◆ Task details
Count how many lines of the data include "then". The answer is that number and nothing else.

[Saved entries]
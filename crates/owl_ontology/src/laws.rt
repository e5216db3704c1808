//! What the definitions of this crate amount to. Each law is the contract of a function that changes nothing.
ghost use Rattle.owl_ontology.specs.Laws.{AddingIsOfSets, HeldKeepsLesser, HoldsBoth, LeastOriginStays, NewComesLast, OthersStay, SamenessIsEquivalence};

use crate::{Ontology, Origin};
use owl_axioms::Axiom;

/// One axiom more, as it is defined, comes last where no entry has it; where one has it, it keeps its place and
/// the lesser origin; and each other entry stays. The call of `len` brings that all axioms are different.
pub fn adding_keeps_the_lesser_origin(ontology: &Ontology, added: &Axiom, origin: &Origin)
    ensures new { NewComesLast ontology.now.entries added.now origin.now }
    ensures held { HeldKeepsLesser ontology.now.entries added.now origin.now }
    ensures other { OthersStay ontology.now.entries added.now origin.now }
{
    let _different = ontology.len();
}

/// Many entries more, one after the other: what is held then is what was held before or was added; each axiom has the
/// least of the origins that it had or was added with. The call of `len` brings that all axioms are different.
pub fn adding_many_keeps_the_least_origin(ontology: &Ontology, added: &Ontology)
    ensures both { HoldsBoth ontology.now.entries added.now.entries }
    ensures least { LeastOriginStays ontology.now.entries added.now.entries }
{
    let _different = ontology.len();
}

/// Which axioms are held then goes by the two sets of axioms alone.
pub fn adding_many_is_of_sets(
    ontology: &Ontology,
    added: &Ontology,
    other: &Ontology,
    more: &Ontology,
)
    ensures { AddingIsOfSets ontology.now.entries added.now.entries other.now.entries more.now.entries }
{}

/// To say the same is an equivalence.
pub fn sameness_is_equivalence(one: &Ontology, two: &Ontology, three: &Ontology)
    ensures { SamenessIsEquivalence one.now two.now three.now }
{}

◆ Completed exercise
2